Lifelong Learning on Evolving Graphs Under the Constraints of Imbalanced Classes and New Classes

Lifelong graph learning deals with the problem of continually adapting graph neural network (GNN) models to changes in evolving graphs. We address two critical challenges of lifelong graph learning in this work: dealing with new classes and tackling imbalanced class distributions. The combination of these two challenges is particularly relevant since newly emerging classes typically resemble only a tiny fraction of the data, adding to the already skewed class distribution. We make several contributions: First, we show that the amount of unlabeled data does not influence the results, which is an essential prerequisite for lifelong learning on a sequence of tasks. Second, we experiment with different label rates and show that our methods can perform well with only a tiny fraction of annotated nodes. Third, we propose the gDOC method to detect new classes under the constraint of having an imbalanced class distribution. The critical ingredient is a weighted binary cross-entropy loss function to account for the class imbalance. Moreover, we demonstrate combinations of gDOC with various base GNN models such as GraphSAGE, Simplified Graph Convolution, and Graph Attention Networks. Lastly, our k-neighborhood time difference measure provably normalizes the temporal changes across different graph datasets. With extensive experimentation, we find that the proposed gDOC method is consistently better than a naive adaption of DOC to graphs. Specifically, in experiments using the smallest history size, the out-of-distribution detection score of gDOC is 0.09 compared to 0.01 for DOC. Furthermore, gDOC achieves an Open-F1 score, a combined measure of in-distribution classification and out-of-distribution detection, of 0.33 compared to 0.25 of DOC (32% increase).

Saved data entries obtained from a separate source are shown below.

//! Casts for the tests: the cast of a small programme, and changes to it.

use crate::{admit, is_readable};
use mmt_base::{LongTick, Ntp};
use mmt_model::{Carries, Cast, List, Params, Sent, SentMpu, SentUnit, TableCopy, UnitKey};
use std::alloc::{AllocError, Global};
use std::test::Fail;

/// What a cast is made of.
#[derive(Drop)]
pub(crate) struct Sample {
    pub(crate) params: Params,
    pub(crate) packets: Vec<Sent>,
    pub(crate) units: Vec<SentUnit>,
    pub(crate) mpus: Vec<SentMpu>,
    pub(crate) copies: Vec<TableCopy>,
}

/// A packet with a whole unit.
pub(crate) fn packet(at: u64, packet_id: u16, number: u32, length: u32) -> Sent {
    Sent {
        at: LongTick(at),
        packet_id,
        number,
        rap: false,
        length,
        carries: Carries::Whole { unit: 0 },
    }
}

/// A unit of the first MPU, with this sample number.
pub(crate) fn unit(sample: u32, first: u64, last: u64, due: u64) -> SentUnit {
    SentUnit {
        asset: 0,
        mpu: 0,
        unit: 0,
        key: UnitKey::Timed {
            movie_fragment: 1,
            sample,
            offset: 0,
        },
        time: Ntp(0),
        due: LongTick(due),
        first: LongTick(first),
        last: LongTick(last),
        first_number: 0,
        count: 1,
    }
}

/// An MPU by its ticks.
pub(crate) fn mpu(least: u64, last: u64, named_from: Option<u64>) -> SentMpu {
    SentMpu {
        asset: 0,
        mpu: 0,
        least: LongTick(least),
        last: LongTick(last),
        named_from: named_from.map(|tick| LongTick(tick)),
    }
}

/// A table copy that names nothing, in one packet.
pub(crate) fn copy(alloc: Global, at: u64) -> TableCopy {
    TableCopy {
        signal: 1,
        names: List::new(alloc),
        first: LongTick(at),
        last: LongTick(at),
        first_number: 0,
        count: 1,
    }
}

impl Sample {
    /// Nothing is sent.
    pub(crate) fn empty(alloc: Global) -> Sample {
        Sample {
            params: Params {
                bound: 4000,
                window: 65536,
                delay: 1000,
            },
            packets: Vec::new(alloc),
            units: Vec::new(alloc),
            mpus: Vec::new(alloc),
            copies: Vec::new(alloc),
        }
    }

    /// The cast of a small programme: a buffer message, a table, a unit in three packets and a unit in one.
    pub(crate) fn worked(alloc: Global) -> Result<Sample, Fail> {
        let mut sample = Sample::empty(alloc);
        let mut first = packet(65_536_000, 0, 0, 19);
        first.carries = Carries::Parameters { signal: 0 };
        sample.packets.push(first)?;
        sample.packets.push(packet(65_536_100, 0, 1, 82))?;
        sample.packets.push(packet(65_536_200, 256, 0, 1422))?;
        sample.packets.push(packet(65_536_210, 256, 1, 1422))?;
        sample.packets.push(packet(65_536_220, 256, 2, 222))?;
        sample.packets.push(packet(65_536_300, 256, 3, 522))?;
        sample
            .units
            .push(unit(1, 65_536_200, 65_536_220, 65_568_768))?;
        sample
            .units
            .push(unit(2, 65_536_300, 65_536_300, 65_570_955))?;
        sample
            .mpus
            .push(mpu(65_568_768, 65_570_955, Some(65_536_100)))?;
        let mut table = copy(alloc, 65_536_100);
        table.names.push(0)?;
        sample.copies.push(table)?;
        Ok(sample)
    }

    /// Makes a change: a word and numbers, the first of them the place of the packet, unit, MPU or table
    /// copy.
    pub(crate) fn change(&mut self, alloc: Global, text: &str) -> Result<(), Fail> {
        let (word, rest) = text.split_once(" ").ok_or("no number")?;
        let n = numbers(rest)?;
        if self.change_params(word, n)
            || self.change_packets(word, n)?
            || self.change_units(word, n)?
            || self.change_mpus(word, n)?
            || self.change_copies(alloc, word, n)?
        {
            Ok(())
        } else {
            Err("no change")?
        }
    }

    // Changes the values of the buffer message, or answers no.
    fn change_params(&mut self, word: &str, n: [u64; 4]) -> bool {
        let value = low32(n[0]);
        match word {
            "delay" => self.params.delay = value,
            "window" => self.params.window = value,
            "bound" => self.params.bound = value,
            _ => return false,
        }
        true
    }

    // Changes a packet's timestamp, its number or what it carries, adds one (timestamp, packet id, number
    // and payload length), takes one to an earlier place or leaves one out, or answers no.
    fn change_packets(&mut self, word: &str, n: [u64; 4]) -> Result<bool, Fail> {
        let place = n[0] as usize;
        match word {
            "at" => self.packets.get_mut(place).ok_or("packet")?.at = LongTick(n[1]),
            "number" => self.packets.get_mut(place).ok_or("packet")?.number = low32(n[1]),
            "carries-unit" => {
                self.packets.get_mut(place).ok_or("packet")?.carries = Carries::Whole { unit: 0 };
            }
            "carries-message" => {
                let message = Carries::Parameters { signal: 0 };
                self.packets.get_mut(place).ok_or("packet")?.carries = message;
            }
            "packet" => {
                let more = packet(n[0], low16(n[1]), low32(n[2]), low32(n[3]));
                self.packets.push(more)?;
            }
            "move" => self.move_packet(place, n[1] as usize)?,
            "without" => {
                let _ = self.packets.get(place).ok_or("packet")?;
                self.packets.remove(place);
            }
            _ => return Ok(false),
        }
        Ok(true)
    }

    // Changes a unit's ticks, its key (movie fragment, sample and offset, or an item) or which MPU of its
    // asset it is of, or answers no.
    fn change_units(&mut self, word: &str, n: [u64; 4]) -> Result<bool, Fail> {
        let place = n[0] as usize;
        match word {
            "first" => self.unit(place)?.first = LongTick(n[1]),
            "last" => self.unit(place)?.last = LongTick(n[1]),
            "due" => self.unit(place)?.due = LongTick(n[1]),
            "key" => {
                self.unit(place)?.key = UnitKey::Timed {
                    movie_fragment: low32(n[1]),
                    sample: low32(n[2]),
                    offset: low32(n[3]),
                };
            }
            "item" => self.unit(place)?.key = UnitKey::Item { item: low32(n[1]) },
            "of-mpu" => self.unit(place)?.mpu = low32(n[1]),
            _ => return Ok(false),
        }
        Ok(true)
    }

    // Changes the least or the last due tick of an MPU or the tick from which it is named, or adds one
    // with these three, or answers no.
    fn change_mpus(&mut self, word: &str, n: [u64; 4]) -> Result<bool, Fail> {
        let place = n[0] as usize;
        match word {
            "mpu-least" => self.mpus.get_mut(place).ok_or("MPU")?.least = LongTick(n[1]),
            "mpu-last" => self.mpus.get_mut(place).ok_or("MPU")?.last = LongTick(n[1]),
            "mpu-from" => {
                self.mpus.get_mut(place).ok_or("MPU")?.named_from = Some(LongTick(n[1]));
            }
            "mpu-unnamed" => self.mpus.get_mut(place).ok_or("MPU")?.named_from = None,
            "mpu" => self.mpus.push(mpu(n[0], n[1], Some(n[2])))?,
            _ => return Ok(false),
        }
        Ok(true)
    }

    // Changes the ticks of a table copy or lets it name one MPU more, or adds one in a packet at a tick,
    // or answers no.
    fn change_copies(&mut self, alloc: Global, word: &str, n: [u64; 4]) -> Result<bool, Fail> {
        let place = n[0] as usize;
        match word {
            "copy-first" => self.copies.get_mut(place).ok_or("copy")?.first = LongTick(n[1]),
            "copy-last" => self.copies.get_mut(place).ok_or("copy")?.last = LongTick(n[1]),
            "copy-names" => {
                self.copies
                    .get_mut(place)
                    .ok_or("copy")?
                    .names
                    .push(low32(n[1]))?;
            }
            "copy" => self.copies.push(copy(alloc, n[0]))?,
            _ => return Ok(false),
        }
        Ok(true)
    }

    /// Makes changes, each after ` && ` but the first.
    pub(crate) fn changes(&mut self, alloc: Global, changes: &str) -> Result<(), Fail> {
        for change in changes.split(" && ") {
            self.change(alloc, change)?;
        }
        Ok(())
    }

    // The unit at this place.
    fn unit(&mut self, u: usize) -> Result<&mut SentUnit, Fail> {
        Ok(self.units.get_mut(u).ok_or("unit")?)
    }

    // Takes a packet from its place to an earlier one.
    fn move_packet(&mut self, from: usize, to: usize) -> Result<(), Fail> {
        let _ = self.packets.get(from).ok_or("packet")?;
        let moved = self.packets.remove(from);
        if to <= self.packets.len() {
            self.packets.insert(to, moved)?;
        }
        Ok(())
    }

    /// The cast.
    pub(crate) fn cast(self) -> Cast {
        Cast {
            params: self.params,
            packets: List::from_vec(self.packets),
            units: List::from_vec(self.units),
            mpus: List::from_vec(self.mpus),
            copies: List::from_vec(self.copies),
        }
    }

    /// What the program says of the cast: the line of its first fault, or that it is admitted.
    pub(crate) fn told(self, alloc: Global) -> Result<String, AllocError> {
        told(alloc, &self.cast())
    }
}

/// What the program says of a cast: the line of its first fault, or that it is admitted.
pub(crate) fn told(alloc: Global, cast: &Cast) -> Result<String, AllocError> {
    if !is_readable(cast) {
        return String::from_str(alloc, "not readable");
    }
    match admit(cast) {
        Ok(_) => String::from_str(alloc, "admitted"),
        Err(refusal) => format!(in alloc; "{refusal}"),
    }
}

/// The first row of a table that is wrong, with what is told, or no text. A row is `CHANGES @ TOLD`: what
/// the program says of the worked cast with these changes.
pub(crate) fn wrong_row(alloc: Global, rows: &str) -> Result<String, Fail> {
    for row in rows.lines() {
        let (changes, want) = row.split_once(" @ ").ok_or("no row")?;
        let mut sample = Sample::worked(alloc)?;
        sample.changes(alloc, changes)?;
        let told = sample.told(alloc)?;
        if told.as_str() != want {
            return Ok(format!(in alloc; "{row}, and not {told}")?);
        }
    }
    Ok(String::new(alloc))
}

// A number's low 32 bits.
fn low32(n: u64) -> u32 {
    (n % 4_294_967_296) as u32
}

// A number's low 16 bits.
fn low16(n: u64) -> u16 {
    (n % 65_536) as u16
}

// Up to four numbers, with a space between them.
fn numbers(text: &str) -> Result<[u64; 4], Fail> {
    let mut numbers = [0; 4];
    for (number, word) in numbers.iter_mut().zip(text.split(" ")) {
        *number = word.parse::<u64>().ok().ok_or("no number")?;
    }
    Ok(numbers)
}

翻译：终身图学习致力于解决图神经网络（GNN）模型持续适应演化图变化的难题。本研究聚焦终身图学习的两项关键挑战：处理新类别并应对不平衡的类别分布。这两个挑战的结合具有特殊重要性，因为新出现的类别通常仅占数据的极小比例，进一步加剧了原本偏斜的类别分布。我们做出以下贡献：首先，证明无标签数据量对结果不产生影响，这是实现任务序列上终身学习的必要前提。其次，通过实验不同标签比例，证明我们的方法仅需极少标注节点即可取得良好性能。第三，提出gDOC方法，在类别分布不平衡约束下检测新类别，其核心在于采用加权二元交叉熵损失函数以应对类别不平衡。此外，我们展示了gDOC与GraphSAGE、简化图卷积及图注意力网络等多种基础GNN模型的组合方案。最后，我们提出的k邻域时差度量可证明归一化不同图数据集的时间变化差异。通过大量实验发现，gDOC方法始终优于将DOC简单适配至图的方案。具体而言，在使用最小历史规模的实验中，gDOC的分布外检测得分为0.09，而DOC仅为0.01。此外，gDOC在分布内分类与分布外检测的综合指标Open-F1上达到0.33，较DOC的0.25提升32%。